Ted Nash (born December 28, 1960) is an American jazz saxophonist, flutist and composer. Born into a musical family, his uncle was saxophonist Ted Nash and his father is trombonist Dick Nash, both prominent jazz soloists and first call Hollywood studio musicians. Nash is a member of the Jazz at Lincoln Center Orchestra directed by Wynton Marsalis. He is one of the founders of the Jazz Composers Collective.

Music career
Nash grew up in Los Angeles. His father is trombonist Dick Nash and his uncle was saxophonist Ted Nash. Both were big band veterans, jazz soloists and session musicians who worked regularly with Henry Mancini and Les Brown. The younger Nash began his career on piano when he was seven, clarinet when he was 12, and alto saxophone at 13. When he was 16, he played for one week with Lionel Hampton and the following year was playing saxophone with Quincy Jones, Louis Bellson, and Don Ellis. When he was 18, he moved to New York City and became a member of the Gerry Mulligan Big Band. During the same year, he released his debut album, Conception (Concord Jazz, 1978).

In the 1980s, he worked with vibraphonist Charlie Shoemake, who had been one of his teachers. He was a member of the Mel Lewis Jazz Orchestra, for whom he played saxophone and wrote arrangements. In 1990s, he performed and recorded as sideman with Wynton Marsalis, Joe Lovano, and Ben Allison. After Allison's invitation, he joined the Herbie Nichols Project, a band which played the music of pianist Nichols.
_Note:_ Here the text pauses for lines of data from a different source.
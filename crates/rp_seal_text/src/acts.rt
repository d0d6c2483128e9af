//! Acts, and the ends of a stream of acts.
ghost use Rattle.std.specs.Prelude.{◌≡◌, ◌<◌, ◌^◌, ◌++◌, ℕ, List, Some, IfSome, IsSomeAnd, OnOk};
ghost use Rattle.rp_seal.specs.Act.{ActEntry, entry_of};
ghost use Rattle.rp_seal_text.specs.ActText.{IsActText, act_text, end_line};

use crate::fields::{
    take_number, take_option, take_str, take_text, take_u32, write_number, write_option, write_text,
};
use rp_seal::SealedAct;
use std::alloc::AllocError;

/// The first line of a stream of acts, with its line end.
pub const ACTS_MARK: &[u8] = b"rpstore acts 1\n";

/// Appends the text of `act`.
///
/// # Errors
///
/// `AllocError` if there is no memory for the text; `text` then has a part of it.
pub fn write_act(text: &mut Vec<u8>, act: &SealedAct<'_>) -> Result<(), AllocError>
    ensures text { OnOk result (text.new.items ≡ text.old.items ++ act_text (entry_of act.now)) }
    // So `read_act` reads the text again.
    ensures valid { OnOk result (IsActText (entry_of act.now)) }
{
    write_number(text, b"act", act.number as u64)?;
    write_number(text, b"first", act.first as u64)?;
    write_number(text, b"last", act.last as u64)?;
    write_text(text, b"added", act.added.as_bytes())?;
    write_option(text, b"who", act.who)?;
    write_option(text, b"deed", act.deed)?;
    write_text(text, b"lines", act.lines)?;
    Ok(())
}

/// Returns the act with whose text `text` begins, and what follows it; `None` if `text` begins with no act.
pub fn read_act(text: &[u8]) -> Option<(SealedAct<'_>, &[u8])>
    ensures found { IfSome result (λ p. text.now ≡ act_text (entry_of p.0) ++ p.1.now) }
    ensures each { (a : ActEntry) (rest : List ℕ) → IsActText a → text.now ≡ act_text a ++ rest
        → IsSomeAnd result (λ p. (entry_of p.0 ≡ a) × (p.1.now ≡ rest)) }
    ensures valid { IfSome result (λ p. IsActText (entry_of p.0)) }
{
    let (number, after_number) = take_u32(b"act", text)?;
    let (first, after_first) = take_u32(b"first", after_number)?;
    let (last, after_last) = take_u32(b"last", after_first)?;
    let (added, after_added) = take_str(b"added", after_last)?;
    let (who, after_who) = take_option(b"who", after_added)?;
    let (deed, after_deed) = take_option(b"deed", after_who)?;
    let (lines, rest) = take_text(b"lines", after_deed)?;
    let act = SealedAct {
        number,
        first,
        last,
        added,
        who,
        deed,
        lines,
    };
    Some((act, rest))
}

/// Appends the last line of a stream of `count` acts.
///
/// # Errors
///
/// `AllocError` if there is no memory for the line; `text` then has a part of it.
pub fn write_end(text: &mut Vec<u8>, count: u64) -> Result<(), AllocError>
    ensures { OnOk result (text.new.items ≡ text.old.items ++ end_line count) }
{
    write_number(text, b"end", count)
}

/// Returns the number of acts if `text` is the last line of a stream of acts and nothing else; `None` otherwise.
pub fn read_end(text: &[u8]) -> Option<u64>
    ensures found { IfSome result (λ count. text.now ≡ end_line count) }
    ensures each { (count : ℕ) → count < 2 ^ 64 → text.now ≡ end_line count → result ≡ Some count }
    ensures fits { IfSome result (λ count. count < 2 ^ 64) }
{
    let (count, rest) = take_number(b"end", text)?;
    if rest.is_empty() { Some(count) } else { None }
}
Nash has been a composer, arranger, producer, conductor, and writer of liner notes. As a performer, he is a multireedist who has recorded on soprano saxophone, alto saxophone, tenor saxophone, clarinet, bass clarinet, flute, and piccolo.

Compositions
Portrait in Seven Shades is a seven-movement suite dedicated to seven modern painters: Claude Monet, Salvador Dalí, Henri Matisse, Pablo Picasso, Vincent van Gogh, Marc Chagall, and Jackson Pollock. The album was nominated for a Grammy Award.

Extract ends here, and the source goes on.